後半は、昨年度SSH海外研修に参加した生徒からの研修報告と高校3年次生普通科、理数科課題研究の代表グループによる研究発表を行いました。
いずれのグループも、成果を分かりやすく楽しそうに発表してくれたことで、全校生徒が研究活動に対する興味関心が高まり、研究の成果の共有を行うことができました。

<生徒の感想>

〇和田先生が「浪人はしたが、高校生活でやりたいことをすべてできた。」とおっしゃっていたことがとても印象的で、すごいことだと思った。自分は部活動でもやりきれず、普段から勉強もまだまだ頑張れていないと感じていて後悔している部分があるので、受験までの残り数か月は後悔が残らないように頑張りたいと強く感じた。そして、何よりもミスすることを恐れずに多くのことに挑戦していきたいと思った。

〇今日の講演を聞いて、したいことや好きなことに積極的に挑戦しようという気持ちが強くなりました。私は、私には出来ないと思い、諦めることが多かったのですが、受け身の行動でなく自ら挑戦することで成し遂げられることも多くあるのだと感じました。大学での生活がとても充実しているなと憧れを持ちました。自分に合った大学を選び、したいことや好きなことをするために行動することで、充実した大学生活になるのかなと思いました。高校生活も通じるところがあるのだと思います。

〇自分に興味のあることを研究して成功なさった津山高校出身の先輩のお話を聞いて、好きなことをやりたいという気持ちが高まりました。それと同時に、夢を叶えるための努力の重要性も改めて感じました。高校3年生の発表は、レベルの高さを感じました。自分も今課題探究活動に取り組んでいますが、今の自分にできることを頑張って、良い研究、良い発表を目指していきたいです。今回のSSH成果報告会はとても自分にとって刺激になりました。このような経験ができる津山中学校、高校の環境に感謝して日々精進していきたいです。

「ソーシャルサイエンスⅡ」第2回ワークショップ

ソーシャルサイエンスⅡ(高校3年次生対象)の第2回ワークショップを6月25日(土)に行いました。

今回のワークショップには、ソーシャルサイエンス開設からお世話になっている津山信用金庫理事長の松岡裕司先生(本校卒)をお迎えしました。将来の日本、世界でリーダーとして活躍することを目指す生徒に向け、「稼ぐ地域を創生する」をテーマに講義をしていただきました。

津山地域の現状や、地域創生への取り組みを知り、津山から世界へどういったアプローチができるかを、経済という視点から考えることができたと思います。

「ソーシャルサイエンスⅡ」第1回ワークショップ

ソーシャルサイエンス(SS)Ⅱ(高校3年次生対象)の第1回ワークショップを5月14日(土)に行いました。

 今回のワークショップには、SS開設からお世話になっている神戸大学文学部准教授の梶尾文武先生(本校卒)をお迎えしました。
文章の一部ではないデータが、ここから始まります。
//! What the hosts in memory share: the input, the sink, the files, and every call with its answer.
ghost use Rattle.std.specs.Prelude.{◌≡◌, ◌≢◌, ◌+◌, ◌-◌, ◌<◌, ◌≤◌, ◌++◌, ◌↔◌, [], ◌∷◌, ℕ, min, true, false, Some, None, length, take, drop, slice_range, vec_capacity, IfOk, IsTrue};
ghost use Rattle.kh_io.specs.Call.{Take, Give, ReadAt, WriteAt, Cut};
ghost use Rattle.kh_io.specs.Entry.{byte_count, call_of};
ghost use Rattle.kh_io.specs.Disk.{file_of, put, IsReadAt, AreImages};
ghost use Rattle.kh_io.specs.FileState.{state_after};
ghost use Rattle.kh_io.specs.Replay.{IsFilled, AreFilled};
ghost use Rattle.kh_io.specs.Recording.{Recording, left_after, given_in, seen_after, image_after, noted, HasRoom, is_idle};

use crate::contents::Contents;
use crate::journal::{Entry, Journal};
use crate::{FileBytes, Files, NoMemory, room};
use std::alloc::Global;
use std::marker::Model;

/// The calls of a host so far, with what they made of its input, its sink and its files.
#[derive(Drop)]
pub struct Recorder {
    alloc: Global,
    input: Vec<u8>,
    taken: usize,
    output: Vec<u8>,
    first: Files,
    contents: Contents,
    journal: Journal,
}

impl Model for Recorder {
    ghost use Rattle.std.specs.Prelude.{◌≡◌, ◌+◌, ◌<◌, ◌≤◌, ℕ, length, sum_by, vec_capacity};
    ghost use Rattle.kh_io.specs.Call.{cost};
    ghost use Rattle.kh_io.specs.Disk.{file_of};
    ghost use Rattle.kh_io.specs.Recording.{Recording, takes, given_in, seen_after};

    ghost Value = { Recording };

    ghost view = { λ r. record { input = r.input.items; first = r.first; calls = r.journal.calls; room = r.journal.room } };

    ghost invariant = { λ r. (r.taken ≡ sum_by takes r.journal.calls)
        × (r.taken ≤ length r.input.items)
        × (r.output.items ≡ given_in r.journal.calls)
        × (r.journal.room ≤ vec_capacity r.output)
        × (r.journal.room ≤ r.contents.free + cost r.journal.calls)
        × ((file : ℕ) → file < 4 → file_of r.contents.files file ≡ seen_after r.first r.journal.calls file) };
}

/// How many bytes of a file of this length stand from a place on, for a buffer of this length.
pub fn read_count(len: usize, at: u64, asked: usize) -> usize
    ensures { result ≡ min asked (len - at) }
{
    asked.min((len as u64).saturating_sub(at) as usize)
}

impl Recorder {
    /// A host before its first call, which takes the memory of its room.
    pub fn new(alloc: Global, input: Vec<u8>, first: Files, room: u64) -> Result<Recorder, NoMemory>
        ensures { IfOk result (λ r. r ≡ record {
          input = input.items;
          first = first;
          calls = [];
          room = room;
        }) }
    {
        let journal = Journal::new(alloc, room)?;
        let output = Vec::with_capacity(alloc, room as usize)?;
        let contents = Contents::new(alloc, &first, room)?;
        Ok(Recorder {
            alloc,
            input,
            taken: 0,
            output,
            first,
            contents,
            journal,
        })
    }

    /// The number of calls.
    pub fn calls(&self) -> usize
        ensures { result ≡ length self.now.calls }
    {
        self.journal.len()
    }

    /// Whether one more call that moves n bytes is within the room.
    pub fn fits(&self, n: usize) -> bool
        ensures { IsTrue result ↔ HasRoom self.now n }
    {
        self.journal.fits(n)
    }

    /// What the sink has taken.
    pub fn output(&self) -> &[u8]
        ensures { result.now ≡ given_in self.now.calls }
    {
        &self.output
    }

    /// How much input is left.
    pub fn left(&self) -> usize
        ensures { result ≡ length (left_after self.now.input self.now.calls) }
    {
        self.input.len() - self.taken
    }

    /// The bytes of a file, as a read finds them.
    pub fn file(&self, file: u8) -> &[u8]
        requires { file < 4 }
        ensures { result.now ≡ seen_after self.now.first self.now.calls file }
    {
        self.contents.get(file)
    }

    /// Notes a call that changes nothing that is read or given.
    pub fn note(&mut self, entry: Entry, bytes: &[u8])
        requires sizes { byte_count entry ≡ length bytes.now }
        requires room { HasRoom self.old (length bytes.now) }
        requires idle { IsTrue (is_idle (call_of entry bytes.now)) }
        ensures { self.new ≡ noted self.old (call_of entry bytes.now) }
    {
        self.journal.add(entry, bytes);
    }

    /// Takes bytes off the input, into the front of a buffer, and notes it.
    pub fn take(&mut self, into: &mut [u8], count: usize)
        requires buffer { count ≤ length into.old }
        requires left { count ≤ length (left_after self.old.input self.old.calls) }
        requires room { HasRoom self.old count }
        ensures noted { self.new ≡ noted self.old
            (Take (length into.new) (Some (take count
            (left_after self.old.input self.old.calls)))) }
        ensures bytes { take count into.new ≡ take count
            (left_after self.old.input self.old.calls) }
    {
        let bytes = &self.input[self.taken..self.taken + count];
        into[..count].copy_from_slice(bytes);
        self.journal.add(
            Entry::Taken {
                asked: into.len(),
                count: Some(count),
            },
            bytes,
        );
        self.taken += count;
    }

    /// Adds a piece to the sink, and notes it.
    pub fn give(&mut self, bytes: &[u8])
        requires { HasRoom self.old (length bytes.now) }
        ensures { self.new ≡ noted self.old (Give bytes.now (Some (length bytes.now))) }
    {
        self.journal.add(
            Entry::Given {
                len: bytes.len(),
                count: Some(bytes.len()),
            },
            bytes,
        );
        room::append(&mut self.output, bytes);
    }

    /// Reads bytes of a file into the front of a buffer, and notes it.
    pub fn read(&mut self, file: u8, at: u64, into: &mut [u8], count: usize)
        requires file { file < 4 }
        requires count { count ≡ min (length into.old)
            (length (seen_after self.old.first self.old.calls file) - at) }
        requires room { HasRoom self.old count }
        ensures bytes { IsReadAt (seen_after self.old.first self.old.calls file) at count into.new }
        ensures noted { self.new ≡ noted self.old
            (ReadAt file at (length into.new) (Some (take count into.new))) }
    {
        if count > 0 {
            let from = at as usize;
            into[..count].copy_from_slice(&self.contents.get(file)[from..from + count]);
        }
        self.journal.add(
            Entry::Read {
                file,
                at,
                asked: into.len(),
                count: Some(count),
            },
            &into[..count],
        );
    }

    /// Writes bytes into a file, and notes it.
    pub fn write(&mut self, file: u8, at: u64, bytes: &[u8])
        requires file { file < 4 }
        requires place { at ≤ length (seen_after self.old.first self.old.calls file) }
        requires room { HasRoom self.old (length bytes.now) }
        ensures { self.new ≡ noted self.old (WriteAt file at bytes.now true) }
    {
        self.journal.add(
            Entry::Written {
                file,
                at,
                len: bytes.len(),
                done: true,
            },
            bytes,
        );
        self.contents.put(file, at as usize, bytes);
    }

    /// Cuts a file to a length, and notes it.
    pub fn cut(&mut self, file: u8, len: u64)
        requires file { file < 4 }
        requires room { HasRoom self.old 0 }
        ensures { self.new ≡ noted self.old (Cut file len true) }
    {
        self.journal.add(
            Entry::CutTo {
                file,
                len,
                done: true,
            },
            &[],
        );
        self.contents.cut(file, len as usize);
    }

    // One file of a crash image.
    fn file_image(
        &self,
        calls: usize,
        file: u8,
        first: &[u8],
        fill: Option<u8>,
    ) -> Result<FileBytes, NoMemory>
        requires calls { calls ≤ length self.now.calls }
        requires first { first.now ≡ file_of self.now.first file }
        ensures { IfOk result (λ bytes. IsFilled
            (state_after file self.now.first (take calls self.now.calls)) fill bytes) }
    {
        let replay = self.journal.replay(self.alloc, calls, first, file)?;
        Ok(replay.filled(fill))
    }

    /// The crash image after the first calls in which each file has the length that a read finds then, and each byte
    /// that isn't yet safe is as written, or this byte.
    pub fn image(&self, calls: usize, fill: Option<u8>) -> Result<Files, NoMemory>
        requires { calls ≤ length self.now.calls }
        ensures filled { IfOk result (AreFilled self.now.first (take calls self.now.calls) fill) }
        ensures image { IfOk result (AreImages
            (image_after self.now.first (take calls self.now.calls))) }
    {
        Ok(Files {
            s0: self.file_image(calls, 0, self.first.s0.as_slice(), fill)?,
            l0: self.file_image(calls, 1, self.first.l0.as_slice(), fill)?,
            s1: self.file_image(calls, 2, self.first.s1.as_slice(), fill)?,
            l1: self.file_image(calls, 3, self.first.l1.as_slice(), fill)?,
        })
    }
}
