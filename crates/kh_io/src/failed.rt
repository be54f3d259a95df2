//! The errors of this crate.
use std::alloc::{AllocError, AllocFailed};
use thiserror::Error;

/// The outside has failed in this call. The count of faults that belongs to the call rose.
#[derive(Clone, Copy, Debug, PartialEq, Eq, Drop, Error)]
#[error("a call of the host failed")]
pub struct Failed;

/// Memory ran out. The arguments are as they were before the call.
#[derive(Clone, Copy, Debug, PartialEq, Eq, Drop, Error)]
#[error("out of memory")]
pub struct NoMemory;

impl From<AllocError> for NoMemory {
    fn from(_: AllocError) -> Self {
        NoMemory
    }
}

impl<T: Drop> From<AllocFailed<T>> for NoMemory {
    fn from(_: AllocFailed<T>) -> Self {
        NoMemory
    }
}
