//! The outside of the store: a trait for the input, the output and the files, and what stands for it.
#![tactic(auto)]

mod contents;
mod failed;
mod fault;
mod files;
mod host;
mod journal;
mod memory;
mod real;
mod recorder;
mod replay;
mod room;
mod sound;

pub use failed::{Failed, NoMemory};
pub use fault::{Fault, hold_streams, lock_folder};
pub use files::{FileBytes, Files};
pub use host::{Disk, Host};
pub use memory::MemoryHost;
pub use real::RealHost;
pub use sound::SoundHost;

#[cfg(test)]
mod tests;
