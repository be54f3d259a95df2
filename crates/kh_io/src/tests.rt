//! The hosts, called through their trait.
ghost use Rattle.std.specs.Prelude.{◌<◌};

use crate::{Disk, Failed, FileBytes, Files, Host, MemoryHost, RealHost, SoundHost};
use std::alloc::{AllocError, Global};
use std::fs;
use std::process::Abort;
use std::test::Fail;

const ROOM: u64 = 16_777_216;

const INPUT: &[u8] = b"{put,[a],1,#{}}.";

const FIRST: [&[u8]; 4] = [b"", b"abcdef", b"", b"log"];

fn files(alloc: Global) -> Result<Files, AllocError> {
    Ok(Files {
        s0: FileBytes::new(FIRST[0].to_vec(alloc)?),
        l0: FileBytes::new(FIRST[1].to_vec(alloc)?),
        s1: FileBytes::new(FIRST[2].to_vec(alloc)?),
        l1: FileBytes::new(FIRST[3].to_vec(alloc)?),
    })
}

fn host(alloc: Global, input: &[u8], failing: &[u64], room: u64) -> Result<MemoryHost, Fail> {
    Ok(MemoryHost::new(
        alloc,
        input.to_vec(alloc)?,
        files(alloc)?,
        failing.to_vec(alloc)?,
        room,
    )?)
}

// All the input, in pieces of the buffer's length at most.
fn all_taken<H: Host>(
    alloc: Global,
    host: &mut H,
    buffer: &mut [u8],
) -> Result<Vec<u8>, AllocError> {
    let mut all = Vec::new(alloc);
    for _ in 0..1000 {
        match host.take(buffer) {
            Ok(n) if n > 0 => all.extend_from_slice(&buffer[..n])?,
            _ => break,
        }
    }
    Ok(all)
}

// Gives each piece once, and says which were taken whole.
fn all_given<H: Host>(
    alloc: Global,
    host: &mut H,
    pieces: &[&[u8]],
) -> Result<Vec<bool>, AllocError> {
    let mut whole = Vec::new(alloc);
    for piece in pieces {
        let answer = host.give(piece);
        whole.push(answer == Ok(piece.len()))?;
    }
    Ok(whole)
}

#[test]
fn takes_of_any_length_make_up_the_input(rt: HostRuntime) -> Result<(), Fail> {
    let alloc = rt.alloc();
    let mut buffer = [0u8; 32];
    for size in [1, 2, 7, 32] {
        let mut host = host(alloc, INPUT, &[], ROOM)?;
        let all = all_taken(alloc, &mut host, &mut buffer[..size])?;
        assert_eq!(rt; all.as_slice(), INPUT);
        assert_eq!(rt; host.take(&mut buffer[..size]), Ok(0));
    }
    Ok(())
}

#[test]
fn gives_make_up_the_output(rt: HostRuntime) -> Result<(), Fail> {
    let alloc = rt.alloc();
    let mut host = host(alloc, b"", &[], ROOM)?;
    let whole = all_given(alloc, &mut host, &[b"ok", b"", b".\n"])?;
    assert_eq!(rt; whole.as_slice(), [true, true, true].as_slice());
    assert_eq!(rt; host.output(), b"ok.\n".as_slice());
    Ok(())
}

#[test]
fn a_listed_call_fails_and_does_nothing(rt: HostRuntime) -> Result<(), Fail> {
    let alloc = rt.alloc();
    let mut host = host(alloc, b"abc", &[3, 0], ROOM)?;
    let mut buffer = [0u8; 2];
    assert_eq!(rt; host.take(&mut buffer), Err(Failed));
    assert_eq!(rt; host.take(&mut buffer), Ok(2));
    assert_eq!(rt; buffer.as_slice(), b"ab".as_slice());
    assert_eq!(rt; host.give(b"x"), Ok(1));
    assert_eq!(rt; host.give(b"y"), Err(Failed));
    assert_eq!(rt; host.give(b"z"), Ok(1));
    assert_eq!(rt; host.take(&mut buffer), Ok(1));
    assert_eq!(rt; host.output(), b"xz".as_slice());
    Ok(())
}

#[test]
fn a_call_past_the_room_fails_and_is_not_numbered(rt: HostRuntime) -> Result<(), Fail> {
    let alloc = rt.alloc();
    // Two calls and three bytes fit. The call past the room would have been the listed one.
    let mut host = host(alloc, b"abcd", &[1], 131)?;
    let mut buffer = [0u8; 4];
    assert_eq!(rt; host.give(b"xy"), Ok(2));
    assert_eq!(rt; host.give(b"zz"), Err(Failed));
    assert_eq!(rt; host.take(&mut buffer), Err(Failed));
    assert_eq!(rt; host.take(&mut buffer), Err(Failed));
    assert_eq!(rt; host.output(), b"xy".as_slice());
    Ok(())
}

#[test]
fn the_real_host_writes_a_line(rt: HostRuntime) -> Result<(), Fail> {
    let mut host = RealHost::new(rt.clone()?);
    let whole = all_given(rt.alloc(), &mut host, &[b"a line of the host\n", b""])?;
    assert_eq!(rt; whole.as_slice(), [true, true].as_slice());
    Ok(())
}

#[derive(Clone, Copy)]
enum Step {
    Write(u64, &'static [u8]),
    Cut(u64),
    Sync,
}

// One call on file 1.
fn do_step<H: Host>(host: &mut H, step: Step) -> Result<(), Failed> {
    match step {
        Step::Write(at, bytes) => {
            let len = host.len(1)?;
            if at <= len && len < 100 && bytes.len() < 100 {
                host.write_at(1, at, bytes)
            } else {
                Err(Failed)
            }
        }
        Step::Cut(to) => {
            let len = host.len(1)?;
            if to <= len {
                host.cut(1, to)
            } else {
                Err(Failed)
            }
        }
        Step::Sync => host.sync(1),
    }
}

// The bytes of file 1.
fn content<H: Host>(alloc: Global, host: &mut H) -> Result<Vec<u8>, Fail> {
    let mut buffer = [0u8; 64];
    let n = host.read_at(1, 0, &mut buffer)?;
    Ok(buffer[..n].to_vec(alloc)?)
}

// File 1 of a crash image, and file 3 beside it.
fn image(host: &MemoryHost, calls: u64, fill: Option<u8>) -> Result<(FileBytes, FileBytes), Fail> {
    if calls > host.calls() {
        return Err(Fail::from("fewer calls were made"));
    }
    let Files {
        s0: _,
        l0,
        s1: _,
        l1,
    } = host.image(calls, fill)?;
    Ok((l0, l1))
}

// A step, file 1 as a read finds it then, and its crash image in which what isn't yet safe is filled.
struct Row {
    step: Step,
    read: &'static [u8],
    torn: &'static [u8],
}

static STEPS: [Row; 6] = [
    Row {
        step: Step::Write(2, b"XY"),
        read: b"abXYef",
        torn: b"ab..ef",
    },
    Row {
        step: Step::Sync,
        read: b"abXYef",
        torn: b"abXYef",
    },
    Row {
        step: Step::Cut(3),
        read: b"abX",
        torn: b"abX",
    },
    Row {
        step: Step::Write(3, b"Q"),
        read: b"abXQ",
        torn: b"abX.",
    },
    Row {
        step: Step::Sync,
        read: b"abXQ",
        torn: b"abXQ",
    },
    Row {
        step: Step::Write(4, b"long"),
        read: b"abXQlong",
        torn: b"abXQ....",
    },
];

// File 1 after a step: what a read finds, the image as written, and the one in which what isn't yet safe is filled.
fn left(
    alloc: Global,
    host: &mut MemoryHost,
    one: Step,
) -> Result<(Vec<u8>, FileBytes, FileBytes), Fail> {
    do_step(host, one)?;
    let calls = host.calls();
    let read = content(alloc, host)?;
    let (written, _) = image(host, calls, None)?;
    let (torn, _) = image(host, calls, Some(b'.'))?;
    Ok((read, written, torn))
}

fn check(rt: &impl Abort, got: &[u8], want: &[u8]) {
    assert_eq!(rt; got, want);
}

fn check_row(rt: &impl Abort, alloc: Global, host: &mut MemoryHost, row: &Row) -> Result<(), Fail> {
    let (read, written, torn) = left(alloc, host, row.step)?;
    check(rt, &read, row.read);
    check(rt, written.as_slice(), row.read);
    check(rt, torn.as_slice(), row.torn);
    Ok(())
}

#[test]
fn images_fill_what_is_not_yet_safe(rt: HostRuntime) -> Result<(), Fail> {
    let alloc = rt.alloc();
    let mut host = host(alloc, b"", &[], ROOM)?;
    for row in &STEPS {
        check_row(&rt, alloc, &mut host, row)?;
    }
    let (l0, _) = image(&host, 2, Some(b'.'))?;
    assert_eq!(rt; l0.as_slice(), b"ab..ef".as_slice());
    Ok(())
}

// The image after a step on a host whose call of this number fails, where the step failed.
fn failed_image(alloc: Global, number: u64, one: Step) -> Result<FileBytes, Fail> {
    let mut host = host(alloc, b"", &[number], ROOM)?;
    if do_step(&mut host, one).is_ok() {
        return Err(Fail::from("the step did not fail"));
    }
    let (l0, _) = image(&host, 2, Some(b'.'))?;
    Ok(l0)
}

#[test]
fn a_failed_write_or_cut_is_torn(rt: HostRuntime) -> Result<(), Fail> {
    let alloc = rt.alloc();
    let write = failed_image(alloc, 1, Step::Write(2, b"XY"))?;
    assert_eq!(rt; write.as_slice(), b"ab..ef".as_slice());
    let long = failed_image(alloc, 1, Step::Write(5, b"long"))?;
    assert_eq!(rt; long.as_slice(), b"abcde.".as_slice());
    let cut = failed_image(alloc, 1, Step::Cut(3))?;
    assert_eq!(rt; cut.as_slice(), b"abc...".as_slice());
    Ok(())
}

#[test]
fn a_failed_sync_makes_nothing_safe(rt: HostRuntime) -> Result<(), Fail> {
    let alloc = rt.alloc();
    let mut host = host(alloc, b"", &[2], ROOM)?;
    do_step(&mut host, Step::Write(2, b"XY"))?;
    assert_eq!(rt; do_step(&mut host, Step::Sync), Err(Failed));
    let (l0, _) = image(&host, 3, Some(b'.'))?;
    assert_eq!(rt; l0.as_slice(), b"ab..ef".as_slice());
    Ok(())
}

// What a host answers to one call of each kind, as text.
fn answers<H: Host>(alloc: Global, host: &mut H) -> Result<String, Fail> {
    let mut buffer = [0u8; 7];
    let len = host.len(1)?;
    let read = host.read_at(1, 0, &mut buffer)?;
    let taken = host.take(&mut buffer)?;
    let given = host.give(b"ok")?;
    Ok(format!(in alloc; "{len} {read} {taken} {given}")?)
}

fn sound(alloc: Global, room: u64) -> Result<SoundHost, Fail> {
    Ok(SoundHost::new(alloc, INPUT.to_vec(alloc)?, files(alloc)?, room)?)
}

fn sound_answers(alloc: Global, room: u64) -> Result<String, Fail> {
    let mut host = sound(alloc, room)?;
    answers(alloc, &mut host)
}

#[test]
fn a_sound_host_past_its_room_keeps_nothing(rt: HostRuntime) -> Result<(), Fail> {
    let alloc = rt.alloc();
    let within = sound_answers(alloc, ROOM)?;
    assert_eq!(rt; within.as_str(), "6 6 7 2");
    let past = sound_answers(alloc, 64)?;
    assert_eq!(rt; past.as_str(), "6 0 0 2");
    Ok(())
}

// The content after some steps.
fn after_steps<H: Host>(alloc: Global, host: &mut H, rows: &[Row]) -> Result<Vec<u8>, Fail> {
    for row in rows {
        do_step(host, row.step)?;
    }
    content(alloc, host)
}

#[test]
fn a_sound_host_keeps_files(rt: HostRuntime) -> Result<(), Fail> {
    let alloc = rt.alloc();
    let mut host = sound(alloc, ROOM)?;
    let read = after_steps(alloc, &mut host, &STEPS)?;
    assert_eq!(rt; read.as_slice(), b"abXQlong".as_slice());
    let calls = host.calls();
    let image = host.image(calls, Some(b'.'))?;
    assert_eq!(rt; image.l0.as_slice(), b"abXQ....".as_slice());
    Ok(())
}

// Makes a file of one byte, and syncs it.
fn write_alone<H: Host>(host: &mut H, file: u8, byte: u8) -> Result<(), Failed>
    requires { file < 4 }
{
    host.cut(file, 0)?;
    if host.len(file)? > 0 {
        return Err(Failed);
    }
    host.write_at(file, 0, &[byte])?;
    host.sync(file)
}

#[test]
fn the_real_host_reads_what_it_wrote(rt: HostRuntime) -> Result<(), Fail> {
    let alloc = rt.alloc();
    let mut host = RealHost::new(rt.clone()?);
    host.cut(1, 0)?;
    do_step(&mut host, Step::Write(0, b"abcdef"))?;
    let read = after_steps(alloc, &mut host, &STEPS)?;
    assert_eq!(rt; read.as_slice(), b"abXQlong".as_slice());
    let mut again = RealHost::new(rt.clone()?);
    let kept = content(alloc, &mut again)?;
    assert_eq!(rt; kept.as_slice(), b"abXQlong".as_slice());
    for file in 0..4 {
        write_alone(&mut host, file, b'0' + file)?;
    }
    let named = [
        ("khepri.s0", b'0'),
        ("khepri.l0", b'1'),
        ("khepri.s1", b'2'),
        ("khepri.l1", b'3'),
    ];
    for (name, byte) in named {
        let bytes = fs::read(&rt, name)?;
        assert_eq!(rt; bytes.as_slice(), [byte].as_slice());
        fs::remove_file(&rt, name)?;
    }
    Ok(())
}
将来の日本、世界でリーダーとして活躍することを目指す生徒に向け、丸山眞男の「超国家主義の論理と心理」をテキストに御講義いただきました。

 生徒は事前にテキストを読み、各自要約した上で、3つのパートごとに注釈を付けるという事前課題に取り組みました。当日は、その注釈に触れながら、先生が解釈について解説してくださいました。
 普段の授業では経験できない大学のゼミにおける学びを経験でき、また、学問の奥深さ、論文の読み解き方など多くの学びがありました。